However, CRS in reality contains a group of disorders with large degree of heterogeneity in the underlying pathophysiology and associated histological features, and both the presence and extent of eosinophilia in CRSwNP can be quite variable in different regions [5]. In the Western population, more than 80 % CRSwNP patients demonstrated significant eosinophilic inflammation. In contrast, in China and other Asian countries, recent studies showed that 30–50 % of CRSwNP patients presented non-eosinophilic inflammation [6–8]. In addition to CRSwNP, significant tissue eosinophilia was also observed in some patients with CRSsNP. For example, Snidvongs et al. [9] reported approximately 20 % of CRSsNP demonstrate significant tissue eosinophilia with increased disease severity. Taken together, the categorization based on simple clinical phenotype (the presence or absence of nasal polyps) has proved difficult to apply for improved prognostication and evidence-based management of the inflammation condition.
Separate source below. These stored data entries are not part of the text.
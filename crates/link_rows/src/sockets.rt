//! Sockets of the system, against ones of the test's own on 127.0.0.1.
ghost use Rattle.std.specs.Prelude.{◌≡◌, ◌<◌, true, length};
ghost use Rattle.host_links.specs.Pair.{shown};

use host_links::{HostLinks, MioPoller, host_pair};
use link_trait::{Addr, ConnId, Linking, Links, Reading, Receiving, Routes, Sending, Writing};
use live_trait::Poller;
use std::alloc::Global;
use std::io::{Read, Write};
use std::net::{Ipv4Addr, Net, SocketAddr, TcpListener, UdpSocket};
use std::test::Fail;

/// How often a call is made before the test gives up.
const TRIES: u32 = 5000;

/// The address that the firmware names.
const NAMED: Addr = Addr {
    ip: [10, 0, 0, 2],
    port: 80,
};

/// Links with a connection that is made, and their poller.
#[derive(Drop)]
struct Session<'a, R> {
    links: HostLinks<'a, R>,
    poller: MioPoller,
    c: ConnId,
    ghost socket: { c.sn < 8 },
    ghost made: { (shown links).made c ≡ true },
}

/// Whether a connection to the named address is made.
fn is_made<R: Net>(links: &mut HostLinks<'_, R>, c: ConnId) -> bool
    requires { c.sn < 8 }
    ensures { result ≡ true → (shown links.new).made c ≡ true }
{
    match links.connect(c, NAMED) {
        Linking::Done => true,
        _ => false,
    }
}

fn write_made<R: Net>(links: &mut HostLinks<'_, R>, c: ConnId, piece: &[u8]) -> Writing
    requires socket { c.sn < 8 }
    requires some { 0 < length piece.now }
    requires made { (shown links.old).made c ≡ true }
    ensures { (shown links.new).made c ≡ true }
{
    links.write(c, piece)
}

fn read_made<R: Net>(links: &mut HostLinks<'_, R>, c: ConnId, buf: &mut [u8]) -> Reading
    requires socket { c.sn < 8 }
    requires some { 0 < length buf.old }
    requires made { (shown links.old).made c ≡ true }
    ensures { (shown links.new).made c ≡ true }
{
    links.read(c, buf)
}

/// Links and their poller may go to threads of their own.
fn sent<L: Links + Send, P: Poller + Send>(links: L, poller: P) -> (L, P) {
    (links, poller)
}

/// Links whose connection to the named address is made, with a wait after each call that is answered NotYet.
fn open<'a, R: Net>(links: HostLinks<'a, R>, poller: MioPoller, c: ConnId) -> Option<Session<'a, R>>
    requires { c.sn < 8 }
{
    let mut links = links;
    let mut poller = poller;
    for _ in 0..TRIES {
        if is_made(&mut links, c) {
            return Some(Session { links, poller, c });
        }
        let _ = poller.wait();
    }
    None
}

/// Reads once, or waits where nothing is there.
fn read<R: Net>(session: &mut Session<'_, R>, buf: &mut [u8; 5]) -> Option<Reading> {
    match read_made(&mut session.links, session.c, buf) {
        Reading::NotYet => {
            let _ = session.poller.wait();
            None
        }
        answer => Some(answer),
    }
}

fn write<R: Net>(session: &mut Session<'_, R>, piece: &[u8; 5]) -> Writing {
    write_made(&mut session.links, session.c, piece)
}

/// Routes that lead from the named address to a port of this host.
fn routes_to(alloc: Global, port: u16) -> Result<Routes, Fail> {
    let mut routes = Routes::new(alloc);
    let host = Addr {
        ip: [127, 0, 0, 1],
        port,
    };
    routes.route(NAMED, host)?;
    Ok(routes)
}

#[test]
fn five_bytes_go_to_a_listener_and_come_back(rt: HostRuntime) -> Result<(), Fail> {
    let listener = TcpListener::bind(&rt, SocketAddr::from((Ipv4Addr::LOCALHOST, 0)))?;
    let Ok((links, poller)) = host_pair(&rt, rt.alloc()) else {
        panic!(rt; "no pair");
    };
    let (mut links, poller) = sent(links, poller);
    links.set_routes(routes_to(rt.alloc(), listener.local_addr()?.port())?);
    let Some(mut session) = open(links, poller, ConnId { sn: 0, life: 1 }) else {
        panic!(rt; "no connection");
    };
    let (mut peer, _) = listener.accept()?;
    assert_eq!(rt; write(&mut session, b"board"), Writing::Done(5));
    let mut heard = [0; 5];
    peer.read_exact(&mut heard)?;
    peer.write_all(&heard)?;
    let mut buf = [0; 5];
    let answer = (0..TRIES).find_map(|_| read(&mut session, &mut buf));
    assert_eq!(rt; answer, Some(Reading::Done(5)));
    assert_eq!(rt; &buf, b"board");
    Ok(())
}

#[test]
fn a_datagram_that_is_too_long_is_passed_over(rt: HostRuntime) -> Result<(), Fail> {
    let c = ConnId { sn: 7, life: 3 };
    let peer = UdpSocket::bind(&rt, SocketAddr::from((Ipv4Addr::LOCALHOST, 0)))?;
    let Ok((mut links, mut poller)) = host_pair(&rt, rt.alloc()) else {
        panic!(rt; "no pair");
    };
    links.set_routes(routes_to(rt.alloc(), peer.local_addr()?.port())?);
    assert_eq!(rt; links.send_to(c, 0, NAMED, b"bo", b"ard"), Sending::Done);
    let mut heard = [0; 1473];
    let (count, from) = peer.recv_from(&mut heard)?;
    assert_eq!(rt; &heard[..count], b"board".as_slice());
    peer.send_to(&heard, from)?;
    peer.send_to(&heard[..5], from)?;
    let mut buf = [0; 1472];
    for _ in 0..TRIES {
        match links.recv_from(c, 0, &mut buf) {
            Receiving::NotYet => {
                let _ = poller.wait();
            }
            answer => {
                assert_eq!(rt; answer, Receiving::Done(5, NAMED));
                assert_eq!(rt; &buf[..5], b"board".as_slice());
                return Ok(());
            }
        }
    }
    panic!(rt; "no datagram")
}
As an alternative, endotyping CRS patients with histopathological classifications [eosinophilic CRS (ECRS) versus non-eosinophilic CRS (non-ECRS)], rather than simple clinical phenotypes (CRSwNP versus CRSsNP), may represent a more appropriate approach to individualized disease management [10]. Currently, the criterion and surrogate markers for subclassifying ECRS and non-ECRS remain elusive. To address this issue, we performed a cross-sectional study to assess the diagnostic values of clinical parameters [clinical symptoms, CT findings, blood examination of eosinophil (EOS) for ECRS] based on histological examination of tissue eosinophilia in southern China. Our findings may be of interest for improved differential diagnosis and individualized management for CRS patients.
Materials and methods
Subjects
A cross-sectional study of consecutive patients undergoing sinus surgery was undertaken. One hundred and five adult CRS patients (>18 years) (including 72 CRSwNP and 33 CRSsNP) who were ready for endoscopic sinus surgery in our hospital were recruited. The diagnosis of CRS was in accordance with the criterion set by the EPOS 2012 position paper [2]. The atopic status of CRS patients was evaluated by skin prick test or using the ImmunoCAP test (Phadia, Uppsala, Sweden) for detecting IgE antibodies against various common inhalant allergens. All patients were ready sinus surgery for after failing previous medical therapy. No patients were using oral steroid for 4 weeks prior to surgery.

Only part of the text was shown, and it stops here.